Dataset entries
"""

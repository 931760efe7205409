//! Histories of power failures: what has to be synced before what; and files that are deleted while records are on their way.

use crate::batches::Part::{Clean, Compact, Delete, Entries, Put};
use crate::cases::{APPENDED, Case, REWRITTEN};
use crate::engine::Step::{Append, Fail, Purge, Rewrite, Sync, SyncFile, Tell, TellCleaned};

/// Returns the histories of power failures.
pub fn cases() -> &'static [Case] {
    &CASES
}

static CASES: [Case; 14] = [
    // An older file that is deleted for the sake of records that a failure of power takes.
    Case {
        steps: &[
            Append(1, &[Put("1")]),
            Sync(APPENDED),
            Append(2, &[Put("2")]),
            Purge(APPENDED, 1),
            Fail,
        ],
        kept: "k=2",
        found: "",
    },
    Case {
        steps: &[
            Append(1, &[Put("1")]),
            Sync(APPENDED),
            Append(2, &[Put("2")]),
            Sync(APPENDED),
            Purge(APPENDED, 1),
            Fail,
        ],
        kept: "k=2",
        found: "k=2",
    },
    // A Clean that is told and then lost by the append queue, with the records that came after it.
    Case {
        steps: &[
            Append(1, &[Entries(1, 5)]),
            Sync(APPENDED),
            Rewrite(1, Some(1), &[Entries(1, 5)]),
            Sync(REWRITTEN),
            Purge(APPENDED, 1),
            Append(2, &[Clean, Entries(1, 3)]),
            TellCleaned(1),
            Sync(REWRITTEN),
            Fail,
        ],
        kept: "[1,3)",
        found: "",
    },
    Case {
        steps: &[
            Append(1, &[Entries(1, 5)]),
            Sync(APPENDED),
            Rewrite(1, Some(1), &[Entries(1, 5)]),
            Sync(REWRITTEN),
            Purge(APPENDED, 1),
            Append(2, &[Clean, Entries(1, 3)]),
            Sync(APPENDED),
            TellCleaned(1),
            Sync(REWRITTEN),
            Fail,
        ],
        kept: "[1,3)",
        found: "[1,3)",
    },
    // Records that moved, and whose append file is deleted before the rewrite queue is synced.
    Case {
        steps: &[
            Append(1, &[Entries(1, 5), Put("v")]),
            Sync(APPENDED),
            Rewrite(1, Some(1), &[Entries(1, 5), Put("v")]),
            Purge(APPENDED, 1),
            Fail,
        ],
        kept: "[1,5)k=v",
        found: "",
    },
    Case {
        steps: &[
            Append(1, &[Entries(1, 5), Put("v")]),
            Sync(APPENDED),
            Rewrite(1, Some(1), &[Entries(1, 5), Put("v")]),
            Sync(REWRITTEN),
            Purge(APPENDED, 1),
            Fail,
        ],
        kept: "[1,5)k=v",
        found: "[1,5)k=v",
    },
    // The same of records that moved again, and of their older rewrite file.
    Case {
        steps: &[
            Append(1, &[Entries(1, 5)]),
            Sync(APPENDED),
            Rewrite(1, Some(1), &[Entries(1, 5)]),
            Sync(REWRITTEN),
            Purge(APPENDED, 1),
            Rewrite(2, None, &[Entries(1, 5)]),
            Purge(REWRITTEN, 1),
            Fail,
        ],
        kept: "[1,5)",
        found: "",
    },
    Case {
        steps: &[
            Append(1, &[Entries(1, 5)]),
            Sync(APPENDED),
            Rewrite(1, Some(1), &[Entries(1, 5)]),
            Sync(REWRITTEN),
            Purge(APPENDED, 1),
            Rewrite(2, None, &[Entries(1, 5)]),
            Sync(REWRITTEN),
            Purge(REWRITTEN, 1),
            Fail,
        ],
        kept: "[1,5)",
        found: "[1,5)",
    },
    // A rotation that doesn't sync the file that it closes: what is synced later isn't behind what came before it.
    Case {
        steps: &[
            Append(1, &[Put("1")]),
            Append(2, &[Entries(1, 3)]),
            SyncFile(APPENDED, 2),
            Fail,
        ],
        kept: "[1,3)k=1",
        found: "[1,3)",
    },
    Case {
        steps: &[
            Append(1, &[Put("1")]),
            SyncFile(APPENDED, 1),
            Append(2, &[Entries(1, 3)]),
            SyncFile(APPENDED, 2),
            Fail,
        ],
        kept: "[1,3)k=1",
        found: "[1,3)k=1",
    },
    // Append files that are deleted between the reading of a record and its writing: nothing says any more that it was
    // deleted, since the rewrite queue didn't have it to be told.
    Case {
        steps: &[
            Append(1, &[Put("1")]),
            Append(2, &[Delete]),
            Purge(APPENDED, 2),
            Rewrite(1, Some(1), &[Put("1")]),
        ],
        kept: "",
        found: "k=1",
    },
    Case {
        steps: &[
            Append(1, &[Put("1")]),
            Append(2, &[Delete]),
            Rewrite(1, Some(1), &[Put("1")]),
            Tell(1, &[Delete]),
            Purge(APPENDED, 2),
        ],
        kept: "",
        found: "",
    },
    Case {
        steps: &[
            Append(1, &[Entries(1, 5)]),
            Append(2, &[Compact(5)]),
            Purge(APPENDED, 2),
            Rewrite(1, Some(1), &[Entries(1, 5)]),
        ],
        kept: "",
        found: "[1,5)",
    },
    Case {
        steps: &[
            Append(1, &[Entries(1, 5)]),
            Append(2, &[Compact(5)]),
            Rewrite(1, Some(1), &[Entries(1, 5)]),
            Tell(1, &[Compact(5)]),
            Purge(APPENDED, 2),
        ],
        kept: "",
        found: "",
    },
];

"""

» **Your assignment**: Count the lines of the records that contain the word "failures". Give only the count.

» **Result for this task**: 2